Thank God I only did one MB before asking. I know exactly the tool you're talking about. Unfortunately, I don't have one, but I will tomorrow.

I imagine the pins come out of the plastic much easier when they are sheared from the MB.


----------



## Claudie (Feb 22, 2012)

I live about 7 miles South of Nowhere USA, so we don't have very good access to tool stores here. On my list of things to get when I go to the city is a scraper tool that fits in my Sawzall. I have seen them before at stores like Home Depot & Menards. I think it will make fast work of stripping some of these things. Make sure you are cautious of the dust created. :|


----------



## Geo (Feb 22, 2012)

zuberb said:


> Thank God I only did one MB before asking. I know exactly the tool you're talking about. Unfortunately, I don't have one, but I will tomorrow.
> 
> I imagine the pins come out of the plastic much easier when they are sheared from the MB.



yes they do. the only down side is your cutting some of your gold and leaving it in the board. im planning on saving my boards and basicly running them through my stock pot (which is a plastic 55 gallon drum). theres still alot of action left in the solution, im out of test strips but the last time i checked the PH is still very low in the solution. im going to make it like one big AP run and add an air supply and run all my deplated boards through it until most of the acid is used up. it means alot of transfering solution because as of right now i may have 4 drums of scrap boards that have been scraped.


----------



## zuberb (Feb 23, 2012)

Claudie said:


> I live about 7 miles South of Nowhere USA, so we don't have very good access to tool stores here. On my list of things to get when I go to the city is a scraper tool that fits in my Sawzall. I have seen them before at stores like Home Depot & Menards. I think it will make fast work of stripping some of these things. Make sure you are cautious of the dust created. :|




Yeah, I think I'll completely avoid any form of sawing or grinding. I'm making a plenty big enough mess without it. Something else that might work with minimal dust is one of those oscillating tools with the high speed steel cutting blade. I've been wanting one of those anyway. I doubt that would be faster than a sharp, wide bladed chisel though.


----------



## zuberb (Feb 23, 2012)

Geo said:


> zuberb said:
> 
> 
> > Thank God I only did one MB before asking. I know exactly the tool you're talking about. Unfortunately, I don't have one, but I will tomorrow.
> ...



How much gold are we really talking about here?
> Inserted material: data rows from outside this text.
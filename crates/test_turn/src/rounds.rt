//! Turns by one thread, by two, and by eight that pass notes round.
ghost use Rattle.std.specs.Prelude.{◌≡◌, ◌<◌, ℕ, ◌∷◌, [], All, IfSome, vec_len};
ghost use Rattle.jm_turn.specs.Seats.{IsSeatOf, newcomer};
ghost use Rattle.test_turn.specs.Chains.{in_order, turns_of};
ghost use Rattle.test_turn.specs.Runners.{HadTurns, IsRunnerOf};

use crate::tally::{Add, Chain, Tally};
use jm_turn::{Act, Lock, Note, Seat};
use std::alloc::Global;
use std::sync::Wait;
use std::thread;
use std::thread::Threads;

type Runner = (Seat<Tally>, Note<Tally>);

pub(crate) fn times(tally: &Tally, caller: u32) -> u64 {
    let mut count = 0u64;
    let mut at = &tally.chain;
    while let Chain::More(by, rest) = at {
        if *by == caller {
            count = count.wrapping_add(1);
        }
        at = rest;
    }
    count
}

fn turns<R: Wait>(
    rt: &R,
    alloc: Global,
    lock: &Lock<Tally>,
    mut seat: Seat<Tally>,
    count: u32,
) -> Option<Seat<Tally>>
    requires { IsSeatOf lock.now seat }
    ensures { IfSome result (λ s. HadTurns seat s count) }
{
    for turn in 0..count {
        let act = Add::new(alloc, seat.number())?;
        lock.turn(rt, &mut seat, act);
    }
    Some(seat)
}

pub(crate) fn lock_of_two(alloc: Global) -> Option<(Lock<Tally>, Seat<Tally>, Seat<Tally>)>
    ensures { IfSome result (λ r. (r.1 ≡ newcomer r.0 0) × (r.2 ≡ newcomer r.0 1) × (r.0.seats ≡ 2)) }
{
    let Ok((lock, mut seats)) = Lock::new(alloc, Tally::new(), 2) else {
        return None;
    };
    let second = seats.pop()?;
    let first = seats.pop()?;
    Some((lock, first, second))
}

pub(crate) fn pair(alloc: Global, a: Seat<Tally>, b: Seat<Tally>) -> Option<Vec<Seat<Tally>>>
    ensures { IfSome result (λ v. v.items ≡ a ∷ b ∷ []) }
{
    let mut seats = Vec::with_capacity(alloc, 2).ok()?;
    seats.push_reserved(a);
    seats.push_reserved(b);
    Some(seats)
}

// Two seats have so many turns each, on two threads.
pub(crate) fn by_two<R: Threads + Wait + Sync>(rt: &R, alloc: Global, count: u32) -> Option<Tally>
    ensures first { IfSome result (λ t. turns_of 0 (in_order t.chain) ≡ count) }
    ensures second { IfSome result (λ t. turns_of 1 (in_order t.chain) ≡ count) }
{
    let (lock, first, second) = lock_of_two(alloc)?;
    let (a, b) = thread::join(
        rt,
        || -> Option<Seat<Tally>>
            requires { IsSeatOf lock first }
            ensures { IfSome result (λ s. HadTurns first s count) }
        { turns(rt, alloc, &lock, first, count) },
        || -> Option<Seat<Tally>>
            requires { IsSeatOf lock second }
            ensures { IfSome result (λ s. HadTurns second s count) }
        { turns(rt, alloc, &lock, second, count) },
    );
    let seats = pair(alloc, a?, b?)?;
    Some(lock.close(seats))
}

// A seat has a turn and makes a note. Another hears it, and its turn finds one entry.
pub(crate) fn heard<R: Wait>(rt: &R, alloc: Global) -> Option<u64> {
    let (lock, mut first, mut second) = lock_of_two(alloc)?;
    let act = Add::new(alloc, first.number())?;
    prove!(act.caller() == first.number());
    lock.turn(rt, &mut first, act);
    let note = lock.note(&mut first);
    lock.hear(&mut second, note);
    Some(lock.turn(rt, &mut second, Add::new(alloc, 1)?))
}

// Gives each seat a note of what the seat before it has seen. The first gets that of the last.
fn passed_round(
    alloc: Global,
    lock: &Lock<Tally>,
    mut seats: Vec<Seat<Tally>>,
) -> Option<Vec<Runner>>
    requires { All (λ s. IsSeatOf lock.now s) seats.items }
    ensures len { IfSome result (λ v. vec_len v ≡ vec_len seats) }
    ensures each { IfSome result (λ v. All (λ r. IsRunnerOf lock.now r) v.items) }
{
    let mut runners = Vec::with_capacity(alloc, seats.len()).ok()?;
    let mut last = seats.pop()?;
    let mut note = lock.note(&mut last);
    for mut seat in seats {
        let next = lock.note(&mut seat);
        runners.push((seat, note)).ok()?;
        note = next;
    }
    runners.push((last, note)).ok()?;
    Some(runners)
}

// Hears the note that has come round, and has turns.
fn run<R: Wait>(
    rt: &R,
    alloc: Global,
    lock: &Lock<Tally>,
    runner: Runner,
    count: u32,
) -> Option<Seat<Tally>>
    requires { IsRunnerOf lock.now runner }
    ensures { IfSome result (λ s. IsSeatOf lock.now s) }
{
    let (mut seat, note) = runner;
    lock.hear(&mut seat, note);
    turns(rt, alloc, lock, seat, count)
}

// All seats that came back, if all did.
fn all_back(
    alloc: Global,
    lock: &Lock<Tally>,
    back: Vec<Option<Seat<Tally>>>,
) -> Option<Vec<Seat<Tally>>>
    requires { All (λ o. IfSome o (λ s. IsSeatOf lock.now s)) back.items }
    ensures len { IfSome result (λ v. vec_len v ≡ vec_len back) }
    ensures each { IfSome result (λ v. All (λ s. IsSeatOf lock.now s) v.items) }
{
    let mut seats = Vec::with_capacity(alloc, back.len()).ok()?;
    for seat in back {
        seats.push(seat?).ok()?;
    }
    Some(seats)
}

// One round: each seat runs on a thread of its own.
fn one_round<R: Threads + Wait + Sync>(
    rt: &R,
    alloc: Global,
    lock: &Lock<Tally>,
    seats: Vec<Seat<Tally>>,
    count: u32,
) -> Option<Vec<Seat<Tally>>>
    requires { All (λ s. IsSeatOf lock.now s) seats.items }
    ensures len { IfSome result (λ v. vec_len v ≡ vec_len seats) }
    ensures each { IfSome result (λ v. All (λ s. IsSeatOf lock.now s) v.items) }
{
    let runners = passed_round(alloc, lock, seats)?;
    let back = thread::map_vec(
        rt,
        runners,
        &|runner: Runner| -> Option<Seat<Tally>>
            requires { IsRunnerOf lock.now runner }
            ensures { IfSome result (λ s. IsSeatOf lock.entry.now s) }
        { run(rt, alloc, lock, runner, count) },
    )
    .ok()?;
    all_back(alloc, lock, back)
}

fn all_rounds<R: Threads + Wait + Sync>(
    rt: &R,
    alloc: Global,
    lock: &Lock<Tally>,
    mut seats: Vec<Seat<Tally>>,
    rounds: u32,
    count: u32,
) -> Option<Vec<Seat<Tally>>>
    requires { All (λ s. IsSeatOf lock.now s) seats.items }
    ensures len { IfSome result (λ v. vec_len v ≡ vec_len seats) }
    ensures each { IfSome result (λ v. All (λ s. IsSeatOf lock.now s) v.items) }
{
    for _round in 0..rounds {
        seats = one_round(rt, alloc, lock, seats, count)?;
    }
    Some(seats)
}

// So many seats pass notes round, and have so many turns in each round.
pub(crate) fn ring<R: Threads + Wait + Sync>(
    rt: &R,
    alloc: Global,
    size: u32,
    rounds: u32,
    count: u32,
) -> Option<Tally>
    requires { (0 < size) × (size < 65536) }
{
    let Ok((lock, seats)) = Lock::new(alloc, Tally::new(), size) else {
        return None;
    };
    let seats = all_rounds(rt, alloc, &lock, seats, rounds, count)?;
    Some(lock.close(seats))
}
I probably have some pretty low grade stuff here, but I've seen very few pins that are plated all the way down to the board. Seems like the part soldered to the board is nothing but base metal in most cases.


----------



## Claudie (Feb 23, 2012)

I think you may have misunderstood which tool I was referring to. Here are some pictures of it:
http://www.google.com/search?q=sawzall%20scraper&oe=utf-8&rls=org.mozilla:en-USfficial&client=firefox-a&um=1&ie=UTF-8&hl=en&tbm=isch&source=og&sa=N&tab=wi&ei=R2RGT97aKMSuiQKT5qXaDQ&biw=1024&bih=625&sei=SWRGT8X9NLPTiALyh9zbDQ

http://www.ebay.com/itm/49-00-5456-Milwaukee-3-Scraper-Blade-HackZall-Sawzall-/300471309824?pt=LH_DefaultDomain_0&hash=item45f57c5600

I already have the sawzall, just need that blade!

EDIT: Added link.


----------



## Geo (Feb 23, 2012)

only the straight pins that the data cable (the flat ribbon type) connect to are plated all the way through the board. as far as percentage wise, its very little compared to the time and effort saved by just shearing them off.


----------



## trashmaster (Feb 23, 2012)

I have heard about those blades but have not seen them before.. :x Thank you for posting that link ...  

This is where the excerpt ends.